Hadley levantó una ceja, pero decidió no seguir hablando del tema. «Entonces, ¿cuándo estás libre?».
«Justo iba a eso…». Elissa comenzó a enumerar algunas fechas posibles.
«Además, consulta con Colleen. Su agenda está muy apretada, ya que es médica. Intentaré coordinarme con ella».
«No hay problema», Hadley se rió entre dientes. «Y si nuestras agendas no coinciden, siempre podemos ir por separado».
Charlaron un poco más antes de terminar la llamada.
Sin soltar el teléfono, Hadley se giró para mirar por la ventanilla del coche. Independientemente de las circunstancias, los preparativos de la boda debían continuar sin interrupción. Y lo más importante, tenía que desempeñar su papel a la perfección para que Eric no sospechara nada.
Elissa salió temprano, exactamente a las cuatro en punto.
Cuando salió del edificio, Sebastián ya la estaba esperando junto a la puerta.
«Señorita Holland, por favor, suba al coche», dijo, abriéndole la puerta.
—Gracias.
Sebastian se había encargado de recogerla durante los últimos días.
El coche se dirigió directamente a la escuela de Locke.

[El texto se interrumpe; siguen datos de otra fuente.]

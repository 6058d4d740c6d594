//! Why a text gives no image.
use thiserror::Error;

/// Why a text of records gives no image. Lines count from 1; if several faults apply to one line, the result is
/// the first of them in the order [`AfterEnd`](SrecFault::AfterEnd), [`Wide`](SrecFault::Wide),
/// [`BadLine`](SrecFault::BadLine), [`BadSum`](SrecFault::BadSum), [`Overlap`](SrecFault::Overlap),
/// [`CountDiffers`](SrecFault::CountDiffers).
#[derive(Clone, Copy, PartialEq, Eq, Debug, Error)]
pub enum SrecFault {
    /// That line is no record, its count is wrong, or it has data where its kind has none or past the last
    /// address.
    #[error("line {0} is malformed")]
    BadLine(u32),
    /// That line has the first checksum, but the second is right.
    #[error("line {0} has the checksum {1}, not {2}")]
    BadSum(u32, u8, u8),
    /// That line begins as a record with addresses of more than 16 bits: S2, S3, S7 or S8.
    #[error("line {0} has a wide address")]
    Wide(u32),
    /// That line gives a byte to an address that has one.
    #[error("line {0} gives a byte again")]
    Overlap(u32),
    /// An S5 record states the first number of records of bytes, but the second precede it.
    #[error("{0} records are counted where there are {1}")]
    CountDiffers(u32, u32),
    /// No line is an S9 record.
    #[error("the text has no end")]
    NoEnd,
    /// That line follows an S9 record.
    #[error("line {0} follows the end")]
    AfterEnd(u32),
    /// Out of memory for the image.
    #[error("no memory")]
    Memory,
}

Ernest había estado dividido entre el trabajo y las visitas al hospital últimamente. Elissa se había encargado de recoger a Locke siempre que tenía tiempo libre y luego lo llevaba de vuelta a casa.
En la escuela, lo recogió sin ningún problema.
—¡Señorita Holland! —Locke corrió directamente hacia ella y la abrazó con fuerza—. ¿Podemos comer fuera hoy?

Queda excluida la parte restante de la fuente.